Samedi dernier, à la place Ficgayo où se déroulait le meeting du Front du refus, des voyous communément appelés " microbes" sont venus attaquer les manifestants regroupés dans l'espace. Armés de hache pour les uns, de marteaux pour les autres, d'armes blanches diverses allant du traditionnel coutelas au pied de biche...
Ces microbes ne constituent pas un phénomène nouveau dans notre pays. Ils sont apparus pendant la crise post électorale et sont une invention, comme ils le disent eux-mêmes, des chefs de guerre de la rébellion, eux-mêmes apparentés à Alassane Dramane Ouattara. Pour autant, depuis 2011, on ne les voyait que dans des agressions de passants, dans le but de voler. Certes, certains blessés ont parfois trouvé la mort. Cela dit, les microbes ne s'étaient pas encore attaqué à des réunions politiques comme celle de samedi dernier. Comment donc analyser ce qui s'est passé samedi?
C'est ce que cet article se propose de faire. En effet, le régime d'Alassane Dramane Ouattara semble convaincu de deux choses. D'un, l'opposition n'est plus impressionnée par la répression policière traditionnelle. Ses militants n'ont en effet plus peur des grenades lacrymogènes, y compris des policiers eux-mêmes, à la fois désarmés et demystifiés par le mépris du régime envers leur corps. De deux, le pouvoir ne semble pas assuré de leur loyauté. Particulièrement de celle des chefs qui savent que la répression des foules peut conduire à la cour pénale internationale son auteur, en cas de changement...
Dès lors, le régime ne pouvait qu'opportunément théoriser une nouvelle forme d'insécurité pour maintenir ses opposants dans la terreur. Le déploiement de microbes pour attaquer les militants du Front du refus participe ainsi de cette stratégie, d'autant plus qu'une telle insécurité ne met pas le gouvernement en première ligne; lui qui peut cependant, selon son bon vouloir, la téléguider, comme un drone.

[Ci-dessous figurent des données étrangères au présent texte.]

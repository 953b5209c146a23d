//! Laws over the text. The functions do nothing: their contracts are the laws.

ghost use Rattle.by_hand.specs.Laws.{EachIsNamedOnce, OneText};

/// Each number of the range stands in one line of the text, with what came of it.
pub fn named_once()
    ensures { EachIsNamedOnce }
{}

/// No two texts say what came of a range.
pub fn one_text()
    ensures { OneText }
{}
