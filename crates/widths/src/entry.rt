//! One matrix of a width file.

ghost use Rattle.std.specs.Prelude.{◌≡◌, IfSome, IfOk};
ghost use Rattle.std.specs.Ordering.{nat_cmp};
ghost use Rattle.std.specs.Cmp.Lexicographic.{slice_cmp};
ghost use Rattle.std.specs.List.{AllByRecursion};
ghost use Rattle.widths.specs.Widths.{width_among, IsInNameOrder, IsWidth};

use code_table::Name;
use std::alloc::{AllocError, Global};
use std::cmp::Ordering;

/// A matrix and its width.
#[derive(Drop)]
pub struct MatrixWidth {
    /// Its name.
    pub name: Name,
    /// Its width in units, 1 to 999.
    pub width: u16,
}

/// How the entry's name compares with this one, byte by byte.
fn compare_names(entry: &MatrixWidth, name: &[u8]) -> Ordering
    ensures { result ≡ slice_cmp nat_cmp entry.now.name name.now }
{
    entry.name.as_bytes().cmp(name)
}

/// The width at the name among entries in byte order of their names.
#[tactic(auto, using(crate::proofs::Places::in_range))]
pub(crate) fn width_among(entries: &[MatrixWidth], name: &[u8]) -> Option<u16>
    requires names { IsInNameOrder entries.now }
    requires widths { AllByRecursion (λ entry. IsWidth entry.width) entries.now }
    ensures value { result ≡ width_among entries.now name.now }
    ensures range { IfSome result (λ width. IsWidth width) }
{
    match entries.binary_search_by(|entry| compare_names(entry, name)) {
        Ok(at) => Some(entries[at].width),
        Err(_) => None,
    }
}

/// The same entries once more.
pub(crate) fn copied(alloc: Global, entries: &[MatrixWidth]) -> Result<Vec<MatrixWidth>, AllocError>
    ensures { IfOk result (λ v. v.items ≡ entries.now) }
{
    let mut copies = Vec::with_capacity(alloc, entries.len())?;
    for entry in entries {
        let name = entry.name.copy();
        let width = entry.width;
        copies.push(MatrixWidth { name, width })?;
    }
    Ok(copies)
}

C'est d'ailleurs le soutien des gens haut placés dans la hiérarchie administrative qui peut justifier l'acharnement desdits voyous contre le meeting de samedi dernier et, surtout, contre une foule de manifestants beaucoup trop nombreux pour leur propre sécurité. Signe des temps, lorsqu'ils ont été repoussés par les manifestants, ces microbes se sont réorganisés pour attaquer les militants isolés, rentrant chez eux. Une telle détermination montre clairement qu'ils ont été gagés. C'est peu dire.
Quelques leçons peuvent être tirées de cette attaque. La première est que le régime est dans une situation difficile et ne semble pas avoir les moyens légaux de faire face aux craintes que lui inspire l'opposition. La deuxième leçon est qu'il faut vite trouver un antidote à l'agression des microbes. Comme cela s'est fait hier à Ficgayo. La troisième leçon est que si le gouvernement théorise une violence spécifique contre les militants du Front du refus, c'est essentiellement pour rassurer Ouattara dont la peur-panique crève désormais les yeux. Nous voilà donc avertis.